Dataset records ::
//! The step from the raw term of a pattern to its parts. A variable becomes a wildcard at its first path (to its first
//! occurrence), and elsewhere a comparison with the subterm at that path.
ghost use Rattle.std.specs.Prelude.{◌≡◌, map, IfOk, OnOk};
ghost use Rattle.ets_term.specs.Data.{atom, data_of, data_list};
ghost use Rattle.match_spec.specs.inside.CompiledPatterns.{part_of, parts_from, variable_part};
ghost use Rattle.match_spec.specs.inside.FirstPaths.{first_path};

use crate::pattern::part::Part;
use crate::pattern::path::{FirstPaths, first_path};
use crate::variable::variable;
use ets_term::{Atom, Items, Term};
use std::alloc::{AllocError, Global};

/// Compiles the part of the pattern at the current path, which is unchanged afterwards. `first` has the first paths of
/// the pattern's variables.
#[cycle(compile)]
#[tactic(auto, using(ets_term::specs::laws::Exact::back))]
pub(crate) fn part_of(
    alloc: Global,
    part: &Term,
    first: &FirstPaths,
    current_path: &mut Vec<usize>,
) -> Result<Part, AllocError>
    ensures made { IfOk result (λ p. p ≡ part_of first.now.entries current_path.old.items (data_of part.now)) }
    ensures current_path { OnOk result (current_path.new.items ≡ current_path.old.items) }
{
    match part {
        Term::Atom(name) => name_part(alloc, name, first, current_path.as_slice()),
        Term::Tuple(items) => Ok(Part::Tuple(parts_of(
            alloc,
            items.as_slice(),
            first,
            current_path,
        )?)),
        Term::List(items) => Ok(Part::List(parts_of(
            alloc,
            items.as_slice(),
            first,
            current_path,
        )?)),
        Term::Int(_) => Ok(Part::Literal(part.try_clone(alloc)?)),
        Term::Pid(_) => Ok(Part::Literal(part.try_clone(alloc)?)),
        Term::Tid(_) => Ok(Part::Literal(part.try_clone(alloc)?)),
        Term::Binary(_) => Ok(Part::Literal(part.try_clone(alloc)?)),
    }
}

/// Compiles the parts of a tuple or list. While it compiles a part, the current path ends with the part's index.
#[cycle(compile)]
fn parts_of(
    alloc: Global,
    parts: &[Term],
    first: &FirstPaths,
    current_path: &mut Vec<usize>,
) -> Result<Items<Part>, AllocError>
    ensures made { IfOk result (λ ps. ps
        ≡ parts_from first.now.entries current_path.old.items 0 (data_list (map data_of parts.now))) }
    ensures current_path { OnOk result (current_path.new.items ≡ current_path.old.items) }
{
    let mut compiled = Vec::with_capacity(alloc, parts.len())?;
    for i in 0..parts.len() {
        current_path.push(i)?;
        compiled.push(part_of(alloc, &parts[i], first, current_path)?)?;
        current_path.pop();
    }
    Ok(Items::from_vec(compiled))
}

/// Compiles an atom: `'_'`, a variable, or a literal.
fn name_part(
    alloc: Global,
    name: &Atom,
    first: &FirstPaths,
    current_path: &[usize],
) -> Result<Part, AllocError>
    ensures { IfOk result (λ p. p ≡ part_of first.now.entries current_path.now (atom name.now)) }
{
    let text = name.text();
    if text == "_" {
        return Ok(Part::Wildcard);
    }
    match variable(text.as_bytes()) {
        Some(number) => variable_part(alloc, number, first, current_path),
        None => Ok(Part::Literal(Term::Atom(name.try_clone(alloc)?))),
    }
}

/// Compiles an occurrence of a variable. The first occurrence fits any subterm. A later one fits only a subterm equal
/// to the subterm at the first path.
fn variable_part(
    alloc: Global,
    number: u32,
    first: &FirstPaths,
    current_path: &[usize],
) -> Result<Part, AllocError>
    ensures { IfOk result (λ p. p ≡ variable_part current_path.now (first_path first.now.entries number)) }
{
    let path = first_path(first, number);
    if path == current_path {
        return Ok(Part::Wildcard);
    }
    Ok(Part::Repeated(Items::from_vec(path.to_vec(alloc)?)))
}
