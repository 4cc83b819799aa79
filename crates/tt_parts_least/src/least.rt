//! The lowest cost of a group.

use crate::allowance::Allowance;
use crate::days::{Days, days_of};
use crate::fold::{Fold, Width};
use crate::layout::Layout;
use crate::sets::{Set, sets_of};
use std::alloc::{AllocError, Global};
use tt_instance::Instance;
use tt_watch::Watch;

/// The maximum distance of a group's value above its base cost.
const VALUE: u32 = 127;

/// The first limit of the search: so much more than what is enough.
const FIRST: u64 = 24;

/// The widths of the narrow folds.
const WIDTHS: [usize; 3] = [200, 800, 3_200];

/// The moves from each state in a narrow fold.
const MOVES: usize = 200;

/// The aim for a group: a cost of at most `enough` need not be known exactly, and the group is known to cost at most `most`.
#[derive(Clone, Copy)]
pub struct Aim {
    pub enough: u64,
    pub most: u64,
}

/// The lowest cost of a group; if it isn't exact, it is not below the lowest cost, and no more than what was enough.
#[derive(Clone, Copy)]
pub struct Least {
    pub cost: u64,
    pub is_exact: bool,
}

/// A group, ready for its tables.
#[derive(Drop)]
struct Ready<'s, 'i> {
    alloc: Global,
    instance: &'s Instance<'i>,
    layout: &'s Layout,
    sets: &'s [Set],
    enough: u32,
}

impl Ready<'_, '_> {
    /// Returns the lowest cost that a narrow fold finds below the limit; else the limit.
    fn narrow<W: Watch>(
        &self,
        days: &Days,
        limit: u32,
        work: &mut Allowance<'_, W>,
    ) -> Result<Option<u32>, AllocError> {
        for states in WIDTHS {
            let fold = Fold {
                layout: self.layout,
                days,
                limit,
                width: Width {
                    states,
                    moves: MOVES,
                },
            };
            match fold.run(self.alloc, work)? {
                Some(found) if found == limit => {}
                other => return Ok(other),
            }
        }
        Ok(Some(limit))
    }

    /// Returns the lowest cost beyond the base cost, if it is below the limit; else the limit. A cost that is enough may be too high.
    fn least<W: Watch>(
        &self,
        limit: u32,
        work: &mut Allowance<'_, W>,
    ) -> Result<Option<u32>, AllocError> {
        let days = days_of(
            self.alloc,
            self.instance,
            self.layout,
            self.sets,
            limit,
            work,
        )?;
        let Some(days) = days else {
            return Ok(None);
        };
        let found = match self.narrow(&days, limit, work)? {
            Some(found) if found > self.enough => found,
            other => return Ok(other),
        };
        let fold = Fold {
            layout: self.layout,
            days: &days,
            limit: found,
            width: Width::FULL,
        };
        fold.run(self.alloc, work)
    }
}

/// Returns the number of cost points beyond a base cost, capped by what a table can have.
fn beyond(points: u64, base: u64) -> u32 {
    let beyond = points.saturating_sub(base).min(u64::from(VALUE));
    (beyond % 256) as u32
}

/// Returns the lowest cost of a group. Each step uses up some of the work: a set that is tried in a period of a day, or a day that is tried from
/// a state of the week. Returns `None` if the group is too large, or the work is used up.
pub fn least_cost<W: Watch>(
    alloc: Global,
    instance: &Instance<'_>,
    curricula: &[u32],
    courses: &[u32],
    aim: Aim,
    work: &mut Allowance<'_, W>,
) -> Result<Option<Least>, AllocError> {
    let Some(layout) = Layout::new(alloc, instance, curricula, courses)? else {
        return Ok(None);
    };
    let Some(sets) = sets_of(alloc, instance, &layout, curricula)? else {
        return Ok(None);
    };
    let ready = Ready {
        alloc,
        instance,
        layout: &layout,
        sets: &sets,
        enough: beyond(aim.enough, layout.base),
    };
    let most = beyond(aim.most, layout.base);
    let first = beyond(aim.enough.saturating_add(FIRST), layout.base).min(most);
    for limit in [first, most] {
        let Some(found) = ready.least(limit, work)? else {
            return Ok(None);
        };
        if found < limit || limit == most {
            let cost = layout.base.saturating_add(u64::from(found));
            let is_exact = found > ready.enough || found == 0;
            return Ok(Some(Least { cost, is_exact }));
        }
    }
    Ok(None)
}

What to produce :: Please give, as a bare number, how many lines in the listing above contain "base".

Output for this task :: 9